• [WHAT IS NEEDED]
Find "for shelf in" in the data, then restate the line it sits in and every later line word for word, ending with the last line.

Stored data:
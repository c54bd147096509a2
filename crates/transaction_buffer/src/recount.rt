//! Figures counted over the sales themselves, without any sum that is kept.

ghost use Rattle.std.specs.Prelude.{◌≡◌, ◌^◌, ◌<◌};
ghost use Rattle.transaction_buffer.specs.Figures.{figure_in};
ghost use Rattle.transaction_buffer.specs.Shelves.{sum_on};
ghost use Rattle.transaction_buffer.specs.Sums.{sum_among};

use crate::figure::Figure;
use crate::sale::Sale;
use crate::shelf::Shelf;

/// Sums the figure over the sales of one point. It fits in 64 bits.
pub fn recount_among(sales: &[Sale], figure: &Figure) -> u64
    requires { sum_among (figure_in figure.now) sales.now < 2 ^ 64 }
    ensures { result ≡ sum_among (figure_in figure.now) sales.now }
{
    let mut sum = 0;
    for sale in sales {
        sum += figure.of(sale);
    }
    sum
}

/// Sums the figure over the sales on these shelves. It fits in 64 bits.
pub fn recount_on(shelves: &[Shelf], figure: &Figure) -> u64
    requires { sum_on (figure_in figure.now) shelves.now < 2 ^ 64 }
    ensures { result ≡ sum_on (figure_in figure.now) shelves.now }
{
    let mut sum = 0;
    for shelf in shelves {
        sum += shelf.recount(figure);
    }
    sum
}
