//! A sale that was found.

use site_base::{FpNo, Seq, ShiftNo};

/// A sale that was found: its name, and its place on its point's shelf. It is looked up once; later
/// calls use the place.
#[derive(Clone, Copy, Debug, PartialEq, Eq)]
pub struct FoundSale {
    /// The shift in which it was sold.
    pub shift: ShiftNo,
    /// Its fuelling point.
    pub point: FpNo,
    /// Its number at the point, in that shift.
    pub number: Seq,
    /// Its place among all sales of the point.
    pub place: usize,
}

• [WRITTEN SOLUTION]
    for shelf in shelves {
        sum += shelf.recount(figure);
    }
    sum
}
//! A sale that was found.

use site_base::{FpNo, Seq, ShiftNo};

/// A sale that was found: its name, and its place on its point's shelf. It is looked up once; later
/// calls use the place.
#[derive(Clone, Copy, Debug, PartialEq, Eq)]
pub struct FoundSale {
    /// The shift in which it was sold.
    pub shift: ShiftNo,
    /// Its fuelling point.
    pub point: FpNo,
    /// Its number at the point, in that shift.
    pub number: Seq,
    /// Its place among all sales of the point.
    pub place: usize,
}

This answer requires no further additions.